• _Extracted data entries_

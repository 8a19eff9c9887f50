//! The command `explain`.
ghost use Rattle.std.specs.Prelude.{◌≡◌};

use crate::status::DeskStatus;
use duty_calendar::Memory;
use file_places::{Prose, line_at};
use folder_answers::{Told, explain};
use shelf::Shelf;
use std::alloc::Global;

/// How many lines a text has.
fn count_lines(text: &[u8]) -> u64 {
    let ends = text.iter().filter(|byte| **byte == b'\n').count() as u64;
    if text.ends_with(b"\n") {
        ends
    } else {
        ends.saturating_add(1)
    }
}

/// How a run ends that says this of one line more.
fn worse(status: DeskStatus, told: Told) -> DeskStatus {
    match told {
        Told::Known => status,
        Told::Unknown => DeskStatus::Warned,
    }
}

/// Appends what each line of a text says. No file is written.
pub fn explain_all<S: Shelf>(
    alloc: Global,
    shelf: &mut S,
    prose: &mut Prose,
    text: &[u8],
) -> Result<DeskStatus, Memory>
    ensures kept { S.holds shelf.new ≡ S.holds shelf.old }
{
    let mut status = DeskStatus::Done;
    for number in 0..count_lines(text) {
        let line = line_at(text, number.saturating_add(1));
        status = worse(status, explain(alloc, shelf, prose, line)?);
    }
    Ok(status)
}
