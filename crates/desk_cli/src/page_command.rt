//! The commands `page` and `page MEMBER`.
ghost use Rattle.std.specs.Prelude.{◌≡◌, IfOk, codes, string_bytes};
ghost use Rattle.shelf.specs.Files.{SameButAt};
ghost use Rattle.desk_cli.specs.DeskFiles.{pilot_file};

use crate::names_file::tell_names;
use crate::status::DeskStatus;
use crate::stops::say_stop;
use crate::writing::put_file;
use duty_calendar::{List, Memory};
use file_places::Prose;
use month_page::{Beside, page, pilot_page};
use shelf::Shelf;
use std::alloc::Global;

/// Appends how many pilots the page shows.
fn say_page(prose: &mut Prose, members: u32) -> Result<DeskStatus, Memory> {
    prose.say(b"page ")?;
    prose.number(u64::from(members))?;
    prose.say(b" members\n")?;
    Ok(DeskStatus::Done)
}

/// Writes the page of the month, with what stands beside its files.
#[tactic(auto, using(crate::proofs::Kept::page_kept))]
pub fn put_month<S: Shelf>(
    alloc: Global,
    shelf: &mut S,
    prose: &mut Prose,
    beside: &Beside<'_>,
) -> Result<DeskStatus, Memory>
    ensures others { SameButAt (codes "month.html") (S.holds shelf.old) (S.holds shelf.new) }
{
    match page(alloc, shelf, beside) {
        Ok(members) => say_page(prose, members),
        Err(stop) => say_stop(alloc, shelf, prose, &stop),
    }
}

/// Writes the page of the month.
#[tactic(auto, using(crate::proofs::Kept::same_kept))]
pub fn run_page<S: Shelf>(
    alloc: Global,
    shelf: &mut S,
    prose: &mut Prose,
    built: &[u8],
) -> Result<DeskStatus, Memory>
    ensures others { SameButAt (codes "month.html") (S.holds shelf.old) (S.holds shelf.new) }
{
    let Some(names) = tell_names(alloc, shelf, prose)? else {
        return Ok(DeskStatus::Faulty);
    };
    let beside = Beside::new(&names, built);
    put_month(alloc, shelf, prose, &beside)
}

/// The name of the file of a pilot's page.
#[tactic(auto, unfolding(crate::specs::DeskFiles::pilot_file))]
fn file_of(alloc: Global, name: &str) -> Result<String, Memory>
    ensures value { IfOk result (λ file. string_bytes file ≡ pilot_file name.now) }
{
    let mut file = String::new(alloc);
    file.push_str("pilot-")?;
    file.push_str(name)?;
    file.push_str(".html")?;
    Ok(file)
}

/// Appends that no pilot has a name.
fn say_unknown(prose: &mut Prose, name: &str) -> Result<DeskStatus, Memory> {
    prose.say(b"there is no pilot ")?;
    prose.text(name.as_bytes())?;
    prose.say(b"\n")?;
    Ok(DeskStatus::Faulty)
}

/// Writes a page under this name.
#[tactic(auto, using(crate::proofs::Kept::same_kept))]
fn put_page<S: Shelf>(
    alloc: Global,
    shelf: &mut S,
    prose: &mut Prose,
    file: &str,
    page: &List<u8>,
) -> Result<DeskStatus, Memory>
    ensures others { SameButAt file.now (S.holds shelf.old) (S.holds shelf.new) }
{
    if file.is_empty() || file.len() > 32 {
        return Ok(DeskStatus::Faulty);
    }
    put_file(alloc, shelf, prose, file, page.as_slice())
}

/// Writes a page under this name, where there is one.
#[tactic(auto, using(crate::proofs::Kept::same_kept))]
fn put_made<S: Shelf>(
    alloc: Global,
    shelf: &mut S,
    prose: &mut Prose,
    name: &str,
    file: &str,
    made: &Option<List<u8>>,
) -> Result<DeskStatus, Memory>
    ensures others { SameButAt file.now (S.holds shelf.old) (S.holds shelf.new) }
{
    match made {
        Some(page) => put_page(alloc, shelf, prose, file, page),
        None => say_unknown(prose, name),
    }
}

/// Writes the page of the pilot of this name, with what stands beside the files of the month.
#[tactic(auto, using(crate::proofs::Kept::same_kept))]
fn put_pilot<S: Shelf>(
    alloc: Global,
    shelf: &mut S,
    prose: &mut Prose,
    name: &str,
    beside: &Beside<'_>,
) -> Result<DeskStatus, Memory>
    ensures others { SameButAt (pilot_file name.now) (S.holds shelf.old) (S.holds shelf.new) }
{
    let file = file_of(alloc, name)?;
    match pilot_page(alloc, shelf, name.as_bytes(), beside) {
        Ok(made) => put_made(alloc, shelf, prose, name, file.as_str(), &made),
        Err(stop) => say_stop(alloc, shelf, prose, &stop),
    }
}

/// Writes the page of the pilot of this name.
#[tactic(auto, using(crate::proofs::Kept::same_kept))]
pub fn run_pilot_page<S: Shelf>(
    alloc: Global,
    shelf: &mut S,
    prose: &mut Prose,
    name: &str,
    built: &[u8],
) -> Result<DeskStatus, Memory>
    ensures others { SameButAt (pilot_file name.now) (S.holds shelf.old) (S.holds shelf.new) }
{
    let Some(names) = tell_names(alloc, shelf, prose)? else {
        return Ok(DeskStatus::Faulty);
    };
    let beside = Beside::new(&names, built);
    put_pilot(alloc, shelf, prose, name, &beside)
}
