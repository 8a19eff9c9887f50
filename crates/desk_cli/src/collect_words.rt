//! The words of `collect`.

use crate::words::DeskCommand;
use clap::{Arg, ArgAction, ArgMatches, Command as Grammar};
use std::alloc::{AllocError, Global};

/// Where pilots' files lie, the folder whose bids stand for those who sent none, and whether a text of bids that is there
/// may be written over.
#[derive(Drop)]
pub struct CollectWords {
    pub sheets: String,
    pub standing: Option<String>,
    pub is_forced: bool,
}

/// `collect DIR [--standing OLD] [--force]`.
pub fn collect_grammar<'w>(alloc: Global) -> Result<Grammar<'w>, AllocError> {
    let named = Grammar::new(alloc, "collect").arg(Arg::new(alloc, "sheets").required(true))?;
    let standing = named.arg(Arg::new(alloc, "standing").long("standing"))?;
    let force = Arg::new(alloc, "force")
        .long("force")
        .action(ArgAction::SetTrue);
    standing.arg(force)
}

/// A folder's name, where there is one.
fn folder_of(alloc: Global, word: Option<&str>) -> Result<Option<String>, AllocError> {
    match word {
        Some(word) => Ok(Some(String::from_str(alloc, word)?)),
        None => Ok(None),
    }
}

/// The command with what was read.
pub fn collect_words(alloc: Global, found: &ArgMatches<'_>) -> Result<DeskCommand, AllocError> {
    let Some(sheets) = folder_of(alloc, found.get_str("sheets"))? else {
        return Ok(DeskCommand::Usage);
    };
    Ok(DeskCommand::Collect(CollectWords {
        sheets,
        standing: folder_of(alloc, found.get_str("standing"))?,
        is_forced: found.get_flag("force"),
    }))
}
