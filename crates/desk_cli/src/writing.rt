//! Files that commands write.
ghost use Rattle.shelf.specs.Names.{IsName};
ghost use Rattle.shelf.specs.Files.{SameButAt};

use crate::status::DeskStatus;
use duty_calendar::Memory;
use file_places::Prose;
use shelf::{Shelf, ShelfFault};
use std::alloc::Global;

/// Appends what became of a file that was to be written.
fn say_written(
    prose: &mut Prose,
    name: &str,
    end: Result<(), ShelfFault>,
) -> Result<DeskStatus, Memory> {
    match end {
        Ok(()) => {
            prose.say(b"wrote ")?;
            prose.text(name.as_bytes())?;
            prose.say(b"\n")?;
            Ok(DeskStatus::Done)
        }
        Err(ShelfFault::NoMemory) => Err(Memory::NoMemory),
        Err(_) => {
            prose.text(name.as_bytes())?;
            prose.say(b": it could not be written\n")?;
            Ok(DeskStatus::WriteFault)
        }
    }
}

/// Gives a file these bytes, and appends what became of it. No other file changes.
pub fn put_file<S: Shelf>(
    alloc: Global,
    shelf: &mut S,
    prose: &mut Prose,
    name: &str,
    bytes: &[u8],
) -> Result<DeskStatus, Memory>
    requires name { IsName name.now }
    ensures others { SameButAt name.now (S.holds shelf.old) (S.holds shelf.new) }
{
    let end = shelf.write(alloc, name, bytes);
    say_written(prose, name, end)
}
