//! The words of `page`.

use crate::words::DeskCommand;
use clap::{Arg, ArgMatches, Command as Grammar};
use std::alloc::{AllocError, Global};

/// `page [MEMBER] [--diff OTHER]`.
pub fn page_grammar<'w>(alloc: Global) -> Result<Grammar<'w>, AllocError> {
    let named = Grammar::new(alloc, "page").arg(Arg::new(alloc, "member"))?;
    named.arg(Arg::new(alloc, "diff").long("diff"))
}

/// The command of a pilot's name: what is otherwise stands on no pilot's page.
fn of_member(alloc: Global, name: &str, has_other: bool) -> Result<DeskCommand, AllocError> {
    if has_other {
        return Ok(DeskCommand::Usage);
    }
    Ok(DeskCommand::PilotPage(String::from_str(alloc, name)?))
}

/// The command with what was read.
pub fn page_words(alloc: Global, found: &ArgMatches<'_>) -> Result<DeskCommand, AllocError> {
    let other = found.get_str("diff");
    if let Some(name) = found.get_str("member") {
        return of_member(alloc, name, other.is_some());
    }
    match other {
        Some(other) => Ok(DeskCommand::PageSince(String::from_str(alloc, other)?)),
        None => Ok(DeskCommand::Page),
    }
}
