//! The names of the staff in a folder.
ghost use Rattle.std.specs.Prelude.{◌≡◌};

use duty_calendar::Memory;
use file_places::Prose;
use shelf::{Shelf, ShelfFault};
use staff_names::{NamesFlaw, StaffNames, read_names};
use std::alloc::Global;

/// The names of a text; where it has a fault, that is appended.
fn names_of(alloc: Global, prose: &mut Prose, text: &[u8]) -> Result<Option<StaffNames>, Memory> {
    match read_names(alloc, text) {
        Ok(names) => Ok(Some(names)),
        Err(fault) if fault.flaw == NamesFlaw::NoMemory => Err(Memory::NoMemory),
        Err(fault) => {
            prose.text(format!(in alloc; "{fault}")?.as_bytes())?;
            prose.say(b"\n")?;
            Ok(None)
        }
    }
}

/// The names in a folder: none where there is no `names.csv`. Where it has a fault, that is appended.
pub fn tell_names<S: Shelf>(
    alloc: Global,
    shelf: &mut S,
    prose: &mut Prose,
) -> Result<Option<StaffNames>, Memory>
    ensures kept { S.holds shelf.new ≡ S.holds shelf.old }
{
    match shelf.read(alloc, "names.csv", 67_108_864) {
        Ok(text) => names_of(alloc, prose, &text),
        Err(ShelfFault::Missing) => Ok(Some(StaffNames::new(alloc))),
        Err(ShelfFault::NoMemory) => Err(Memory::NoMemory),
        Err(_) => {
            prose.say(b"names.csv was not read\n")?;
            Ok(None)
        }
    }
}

• _What is expected_
Nothing but the lines from the start of the data through the line holding "use crate::writing::put_file;" should be restated, and each one exactly.

• _Answer to this exercise_
repository 8a19eff9c9887f50
//! The command `explain`.
ghost use Rattle.std.specs.Prelude.{◌≡◌};

use crate::status::DeskStatus;
use duty_calendar::Memory;
use file_places::{Prose, line_at};
use folder_answers::{Told, explain};
use shelf::Shelf;
use std::alloc::Global;

/// How many lines a text has.
fn count_lines(text: &[u8]) -> u64 {
    let ends = text.iter().filter(|byte| **byte == b'\n').count() as u64;
    if text.ends_with(b"\n") {
        ends
    } else {
        ends.saturating_add(1)
    }
}

/// How a run ends that says this of one line more.
fn worse(status: DeskStatus, told: Told) -> DeskStatus {
    match told {
        Told::Known => status,
        Told::Unknown => DeskStatus::Warned,
    }
}

/// Appends what each line of a text says. No file is written.
pub fn explain_all<S: Shelf>(
    alloc: Global,
    shelf: &mut S,
    prose: &mut Prose,
    text: &[u8],
) -> Result<DeskStatus, Memory>
    ensures kept { S.holds shelf.new ≡ S.holds shelf.old }
{
    let mut status = DeskStatus::Done;
    for number in 0..count_lines(text) {
        let line = line_at(text, number.saturating_add(1));
        status = worse(status, explain(alloc, shelf, prose, line)?);
    }
    Ok(status)
}
filename crates/desk_cli/src/page_command.rt
//! The commands `page` and `page MEMBER`.
ghost use Rattle.std.specs.Prelude.{◌≡◌, IfOk, codes, string_bytes};
ghost use Rattle.shelf.specs.Files.{SameButAt};
ghost use Rattle.desk_cli.specs.DeskFiles.{pilot_file};

use crate::names_file::tell_names;
use crate::status::DeskStatus;
use crate::stops::say_stop;
use crate::writing::put_file;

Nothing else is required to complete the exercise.